I'm trying to web scrape an ecommerce website. However, the page is dynamic. Within the html source code is the script that generates a json format of the products.
My code is
from bs4 import BeautifulSoup, SoupStrainer
import requests
import json
url = "https://www.lazada.com.ph/chuwi-pilipinas/?q=All-Products&langFlag=en&from=wangpu&lang=en&pageTypeId=2"
page = requests.get(url)
data = page.text
soup = BeautifulSoup(data,'html.parser')
scripts = soup.find_all('script')
jsonObj = None
for script in scripts:
if 'window.pageData = ' in script.text:
jsonStr = script.text
jsonStr = jsonStr.split('window.pageData = ')[1]
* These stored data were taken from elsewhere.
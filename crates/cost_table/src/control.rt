//! Control and places: branches, jumps, and where values are kept.

ghost use Rattle.std.specs.Prelude.{◌≡◌, ◌<◌, ◌≤◌, ◌^◌};
ghost use Rattle.libfunc_registry.specs.Fam.{fam_of};
ghost use Rattle.libfunc_registry.specs.Wanted.{IsPlaced};
ghost use Rattle.cost_table.specs.Control as rows;
ghost use Rattle.cost_table.specs.Costs as costs;
ghost use Rattle.cost_table.specs.Groups.{if_control};
ghost use Rattle.cost_table.specs.Parts.{ArePartsOf};

use crate::part::{Part, Parts, kept, laid};
use crate::row::{FREE, Row, known};
use crate::sizes::size;
use cell_terms::{Slot, Term};
use libfunc_registry::Libfunc;
use type_table::Types;

/// The row of a libfunc of this group, for any branch.
pub(crate) fn control_row(types: &Types, libfunc: Libfunc) -> Option<Row>
    requires { IsPlaced types.now libfunc }
    ensures { result ≡ if_control rows.control_row (fam_of types.now libfunc) }
{
    match libfunc {
        Libfunc::BranchAlign => Some(FREE),
        Libfunc::Jump => Some(known(1, 0, 0)),
        Libfunc::Rename(_) => Some(FREE),
        Libfunc::Dup(_) => Some(FREE),
        Libfunc::Drop(_) => Some(FREE),
        Libfunc::StoreTemp(t) => Some(known(size(types, t), 0, size(types, t))),
        Libfunc::StoreLocal(t) => Some(known(size(types, t), 0, 0)),
        Libfunc::AllocLocal(_) => Some(FREE),
        Libfunc::FinalizeLocals => Some(known(1, 0, 0)),
        Libfunc::DisableApTracking => Some(FREE),
        Libfunc::EnableApTracking => Some(FREE),
        _ => None,
    }
}

/// The holes of any branch of a libfunc; those of another group have none.
pub(crate) fn holes(types: &Types, libfunc: Libfunc) -> u32
    requires { IsPlaced types.now libfunc }
    ensures { result ≡ costs.holes (fam_of types.now libfunc) }
{
    match libfunc {
        Libfunc::AllocLocal(t) => size(types, t),
        _ => 0,
    }
}

/// The terms of the results of a libfunc of this group. The amount of `alloc_local` is the offset from fp.
pub(crate) fn control_parts(types: &Types, libfunc: Libfunc, amount: u64) -> Option<Parts>
    requires placed { IsPlaced types.now libfunc }
    requires small { amount < 2 ^ 40 }
    ensures { ArePartsOf (if_control (rows.control_terms amount) (fam_of types.now libfunc)) result }
{
    match libfunc {
        Libfunc::BranchAlign => Some(Parts::Nothing),
        Libfunc::Jump => Some(Parts::Nothing),
        Libfunc::Rename(t) => Some(Parts::Single(kept(0, size(types, t)))),
        Libfunc::Dup(t) => Some(Parts::Double(kept(0, size(types, t)), kept(0, size(types, t)))),
        Libfunc::Drop(_) => Some(Parts::Nothing),
        Libfunc::StoreTemp(t) => Some(Parts::Single(laid(u64::from(size(types, t))))),
        Libfunc::StoreLocal(t) => Some(Parts::Single(kept(0, size(types, t)))),
        Libfunc::AllocLocal(t) => Some(Parts::Single(Part::Run(
            Term::Cell(Slot::Frame(amount)),
            u64::from(size(types, t)),
        ))),
        Libfunc::FinalizeLocals => Some(Parts::Nothing),
        Libfunc::DisableApTracking => Some(Parts::Nothing),
        Libfunc::EnableApTracking => Some(Parts::Nothing),
        _ => None,
    }
}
jsonObj = json.loads(jsonStr)
products = jsonObj['mods']['listItems']
for item in products:
print (item['productUrl'])
the result is:
PS C:\Users\nate\Documents\Python\LazadaScapper> & "C:/Program Files/Python39/python.exe" c:/Users/nate/Documents/Python/LazadaScapper/LazadaScraper3.py
Traceback (most recent call last):
File "c:\Users\nate\Documents\Python\LazadaScapper\LazadaScraper3.py", line 21, in <module>
products = jsonObj['mods']['listItems']
TypeError: 'NoneType' object is not subscriptable
PS C:\Users\nate\Documents\Python\LazadaScapper>
I did a research and it seems that for loop doesn't work thus, dictionary products is empty.
This is related to this thread that was posted 2 years ago but not working anymore.
I'm new at python and still studying, I hope you guys can help me.